Driving a Hummer On Tokyo Streets Takes a Battle Plan (WSJ)
Yes, apparently it takes a battle plan to drive a Hummer in Tokyo. Actually, this is an interesting article; apparently, the ridiculous Arnold-mobiles are taking off in the country, which, as you could imagine, isn't really designed for cars of that size. Good to see they're spending again.
Dear Economist, I am a woman in my early 30s. I am also a virgin. Should I be? (Financial Times)
Advice columnist/economist Tim Harford answers the tough questions indeed.
Making Money from Droughts (Paul Kedrosky)

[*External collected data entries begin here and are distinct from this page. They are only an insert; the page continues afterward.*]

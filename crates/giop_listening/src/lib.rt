//! `serve` of giopctl over files, connections and the standard output. What it reads, sends and
//! prints is giop_serving's serve.rt, over any reader and writer.
#![tactic(auto)]

mod object_operations;
mod objects;
mod port;

use crate::objects::{Asked, objects_of, read_answers};
use crate::port::{HERE, listen};
use giop_commands::Ending;
use giop_commands::session::given::Pipes;
use giop_connections::door::Door;
use giop_connections::endings;
use giop_connections::link::Link;
use giop_connections::sending::{form_of, limits_of};
use giop_files::files::OUTPUT_BUFFER;
use giop_files::files::interfaces::{interface_of_each, read_each};
use giop_files::report;
use giop_serving::serve::given::ServedObject;
use giop_serving::serve::in_turn::Passed;
use giop_serving::serve::streaming::stream_over;
use giop_serving::{Serving, serve_over};
use giop_show::failure::Failure;
use giop_show::status::Status;
use giop_words::{KeyWord, ServeWords, Telling};
use std::io;
use std::io::{BufWriter, Write};
use std::net::TcpStream;
use std::rc::Rc;

/// Reads the files of interfaces and those of answers, listens at a port of 127.0.0.1, and serves
/// so many connections one after the other. The status is the greatest of theirs. What is refused
/// is reported before the port is bound: the interfaces, then the answers.
pub fn serve(rt: &HostRuntime, words: &ServeWords<'_>) -> Status {
    match try_serve(rt, words) {
        Ok(status) => status,
        Err(status) => status,
    }
}

fn try_serve(rt: &HostRuntime, words: &ServeWords<'_>) -> Result<Status, Status> {
    let offered = read_each(rt, words.interfaces.as_slice())?;
    let given = read_answers(rt, words.answers.as_slice())?;
    let key = key_of(rt, words.key)?;
    let interface = interface_of_each(rt, words.lines, offered.as_slice())?;
    let asked = Asked {
        words,
        offered: offered.as_slice(),
        given: given.as_slice(),
    };
    let all = objects_of(rt, asked, key.as_slice(), interface)?;
    let mut objects = Vec::new(rt.alloc());
    for object in all.objects.as_slice() {
        let one = ServedObject {
            key: object.key.as_slice(),
            answers: &object.answers,
        };
        if objects.push(one).is_err() {
            return Err(report::status_of(rt, "--key", Err(Failure::Memory)));
        }
    }
    let serving = Serving {
        interface: &all.interface,
        objects: objects.as_slice(),
        form: form_of(words.sending),
        limits: limits_of(words.limits),
        lines: words.lines,
    };
    let listener = listen(rt, words, all.type_id.as_slice(), key.as_slice())?;
    match Door::new(rt, listener, words.connections) {
        Ok(door) => Ok(serve_each(rt, &door, words, &serving)),
        Err(error) => Err(report::status_of(rt, HERE, Err(Failure::connection(error)))),
    }
}

// The octets of an object key.
fn key_of(rt: &HostRuntime, key: KeyWord<'_>) -> Result<Vec<u8>, Status> {
    let octets = match key {
        KeyWord::Hex(digits) => hex::decode(rt.alloc(), digits).ok(),
        KeyWord::Text(text) => Vec::from_slice(rt.alloc(), text.as_bytes()).ok(),
    };
    match octets {
        Some(octets) => Ok(octets),
        None => Err(report::status_of(rt, "--key", Err(Failure::Memory))),
    }
}

// Serves so many connections, and continues whatever one of them ends with. Answers in turn go on
// from one to the next.
fn serve_each(
    rt: &HostRuntime,
    door: &Rc<Door>,
    words: &ServeWords<'_>,
    serving: &Serving<'_>,
) -> Status {
    let mut status = Status::Done;
    let mut passed = Passed::new(rt.alloc());
    for served in 0..words.connections {
        let number = served + 1;
        status = status.or_greater(serve_next(rt, door, number, words, serving, &mut passed));
    }
    status
}

// Waits for a connection, and serves it.
fn serve_next(
    rt: &HostRuntime,
    door: &Rc<Door>,
    number: u32,
    words: &ServeWords<'_>,
    serving: &Serving<'_>,
    passed: &mut Passed,
) -> Status {
    let (stream, peer) = match door.admit(number) {
        Ok(accepted) => accepted,
        Err(error) => return report::status_of(rt, HERE, Err(Failure::connection(error))),
    };
    let _ = eprintln!(rt; "giopctl: connection {number} from {peer}");
    let answered = serve_stream(rt, door, stream, number, words, serving, passed);
    match format!(in rt.alloc(); "connection {number}") {
        Ok(name) => endings::serve_status(rt, name.as_str(), answered),
        Err(_) => endings::serve_status(rt, HERE, answered),
    }
}

fn serve_stream(
    rt: &HostRuntime,
    door: &Rc<Door>,
    stream: TcpStream,
    number: u32,
    words: &ServeWords<'_>,
    serving: &Serving<'_>,
    passed: &mut Passed,
) -> Result<Ending, Failure> {
    let link = match Link::through(rt.alloc(), stream, door.clone()?) {
        Ok(link) => link,
        Err(error) => return Err(Failure::connection(error)),
    };
    let out = BufWriter::with_capacity(rt.alloc(), OUTPUT_BUFFER, io::writer(rt))?;
    let mut pipes = Pipes {
        reader: &link,
        writer: &link,
        out,
    };
    let alloc = rt.alloc();
    let ending = match words.telling {
        Telling::AtTheEnd => serve_over(alloc, number, *serving, passed, &mut pipes)?,
        Telling::WhenOver => stream_over(alloc, number, *serving, passed, &mut pipes)?,
    };
    pipes.out.flush()?;
    Ok(ending)
}
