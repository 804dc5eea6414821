//! What a server's end that is apart from its interface answers to what its own program says. What
//! its parts undergo is acts/answering.rt.
ghost use Rattle.std.specs.Prelude.{◌≡◌, Some, None, Err, IsOk};
ghost use Rattle.giop_calls.specs.ServerTable as table;
ghost use Rattle.giop_calls.specs.declared.server.event.ServerEvent.TheVariants as event;
ghost use Rattle.giop_end.specs.declared.session_fault.SessionFault.TheVariants.{NoMemory};
ghost use Rattle.giop_table.specs.CallTable.{entry_at};
ghost use Rattle.giop_end.specs.Acts.Form.{IsForm};
ghost use Rattle.giop_end.specs.Acts.ServerAnswers.{IsFitAnswer, PutsAnswer, PutsLocateAnswer, question_of};
ghost use Rattle.giop_end.specs.Ends.Detached.{IsActedOn};

use crate::acts::answering::answer;
use crate::acts::form::Form;
use crate::acts::locating::answer_locate;
use crate::end::Detached;
use crate::session_fault::SessionFault;
use giop_calls::ServerRule;
use giop_cdr::Order;
use giop_msg::Reply;
use giop_types::Interface;

impl Detached<ServerRule> {
    /// Answers a Request, as `End::answer` of the end over this interface.
    pub fn answer(
        &mut self,
        interface: &Interface,
        reply: Reply,
        form: Form,
    ) -> Result<(), SessionFault>
        requires { IsForm form }
        ensures failed { (why : _) → self.old.fault ≡ Some why
            → (result ≡ Err why) × (self.new ≡ self.old) }
        ensures last { result ≡ Err NoMemory → self.old.fault ≡ None
            → IsFitAnswer interface.now (question_of (entry_at self.old.calls reply.id)) reply }
        ensures answered { self.old.fault ≡ None → PutsAnswer interface.now self.old.limits reply
            form self.old.calls self.old.outgoing result self.new.calls self.new.outgoing }
        ensures others { IsActedOn self.old self.new }
    {
        if let Some(fault) = self.fault {
            return Err(fault);
        }
        answer(
            self.alloc,
            interface,
            self.limits,
            &mut self.calls,
            &mut self.outgoing,
            reply,
            form,
        )
    }

    /// Answers a LocateRequest, as `End::answer_locate`.
    pub fn answer_locate(&mut self, id: u32, here: bool, order: Order) -> Result<(), SessionFault>
        ensures failed { (why : _) → self.old.fault ≡ Some why
            → (result ≡ Err why) × (self.new ≡ self.old) }
        ensures last { result ≡ Err NoMemory → self.old.fault ≡ None → IsOk (table.server_step
            (entry_at self.old.calls id) (event.AnswerLocate here)).outcome }
        ensures answered { self.old.fault ≡ None → PutsLocateAnswer id here order self.old.calls
            self.old.outgoing result self.new.calls self.new.outgoing }
        ensures others { IsActedOn self.old self.new }
    {
        if let Some(fault) = self.fault {
            return Err(fault);
        }
        answer_locate(
            self.alloc,
            &mut self.calls,
            &mut self.outgoing,
            id,
            here,
            order,
        )
    }
}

We've heard a few people talk about water as the new oil, which is pretty scrazy (scary, crazy), since there's no ethanol or solar power to come in and take its place. Paul Kedrosky has a couple links outlining the bullish case on water and possible money making plays on the theme. Still, our libertarian optimist thinks that the price of water desalinization and transport will miraculously plummet, proving to be a solution for the whole problem. We're sure Julian Simon would agree.
$90 a barrel: Is it time to start worrying about the oil price shock of 2007? (Econbrowser)
Is oil finally going to prove our undoing this time? We've been doing fine so far. Actually, the oil story doesn't even seem to be as big as it was last year. Sure, oil is at $90, but where are the oil hearings, the calls for windfall profit taxes? Where's Chuck Schumer standing outside of a Hess? Has it even come up in the Presidential debates? Has John Edwards accused Hill of being in the pocket of Big Oil? Then again, maybe these are all signs of complacency.